First, a quick refresher on health savings accounts is in order. HSAs are only available to those covered by a qualified high-deductible health plan (HDHP). The minimum deductible amounts are set by the IRS and for 2019 (unchanged from 2018) they are: $1,350 for self-only plans and $2,700 for a family plan. If your current health insurance deductible is less than these amounts, you do not have an HDHP and therefore are not eligible to set up an HSA.
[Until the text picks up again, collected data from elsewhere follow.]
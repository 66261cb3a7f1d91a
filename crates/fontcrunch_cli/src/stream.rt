// The lines of the input, answered as they end. Nothing is read or written here.
ghost use Rattle.std.specs.Prelude.{◌≤◌, length, take};
ghost use Rattle.lines.specs.Text.{Put};
ghost use Rattle.fontcrunch_cli.specs.Output.{output_of};
ghost use Rattle.fontcrunch_cli.specs.Stream.{Keeps, Takes};

use crate::out;
use lines::Fed;
use words::Order;

#[derive(Clone, Copy, Debug, PartialEq, Eq)]
pub struct Taken {
    // bytes of the line under way, at the start of its buffer
    pub used: usize,
    // bytes of the answers, at the start of the text
    pub at: usize,
    // the place in the chunk that was come to
    pub next: usize,
}

// The lines that end in the chunk from place `first` on, until the text may not have room for one more answer.
pub fn take_lines(
    text: &mut [u8],
    line: &mut [u8],
    from: usize,
    chunk: &[u8],
    first: usize,
    order: Order,
) -> Taken
    requires keeps { Keeps line.old from }
    requires first_in_bounds { first ≤ length chunk.now }
    ensures { Takes order text line from chunk.now first result }
{
    let mut used = from;
    let mut at = 0;
    let mut i = first;
    while i < chunk.len() {
        match lines::feed(line, used, chunk, i) {
            Fed::Line(n, next) => {
                at = answering::put_answer(text, at, &line[..n], order);
                used = 0;
                i = next;
                if !out::has_room(text.len(), at) {
                    return Taken { used, at, next };
                }
            }
            Fed::Part(n) => {
                return Taken {
                    used: n,
                    at,
                    next: chunk.len(),
                };
            }
        }
    }
    Taken { used, at, next: i }
}

// A last line with no line end counts where it is not empty.
pub fn put_last(text: &mut [u8], line: &[u8], used: usize, order: Order) -> usize
    requires { Keeps line.now used }
    ensures { Put text.old 0 (output_of order (take used line.now)) text.new result }
{
    if used == 0 {
        return 0;
    }
    answering::put_answer(text, 0, &line[..used], order)
}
For 2019, the HSA contribution limit is $3,500 for individuals and $7,000 for families (including both employee and employer contributions). If you’re age 55 or older, you’re allowed an additional HSA catch-up contribution of $1,000. HSA contributions are tax deductible, grow tax-free, and are distributed tax-free for qualified medical expenses. Along with triple-tax benefits, there aren’t any “use it or lose it” provisions associated with HSAs. This means that funds remaining in the account at the end of the year can be used for future medical expenses as well as long-term investment growth. That makes these accounts powerful savings vehicles!

Spending Accounts vs. Investment Accounts

There are essentially two ways to look at HSAs. The first is to view them as spending accounts, i.e. a source of ready cash for paying those high deductible amounts. The less traditional way is to view them as investment accounts, with your funds invested in stocks, bonds, or mutual funds. Neither viewpoint is wrong. However, investing HSA funds for long-term growth does have several advantages. The combination of compound and tax-free growth make HSAs a great savings vehicle for future medical costs, especially during retirement years when medical expenses tend to be higher.

So how do you decide whether to spend or invest your HSA dollars?

The first consideration is based on your current financial situation. It might make more sense to view your account as a spending vehicle if you answer “no” to any of the following questions:

  • Are you able to pay insurance deductibles and qualified medical expenses from other sources?

  • Have you saved an adequate emergency fund (three to six months of living expenses)?

  • In the near future, are you clear of major healthcare expenses, such as pregnancy or surgery?


Conversely, you might be a good candidate for investing your HSA funds for future medical expenses if you answered “yes” to all the above.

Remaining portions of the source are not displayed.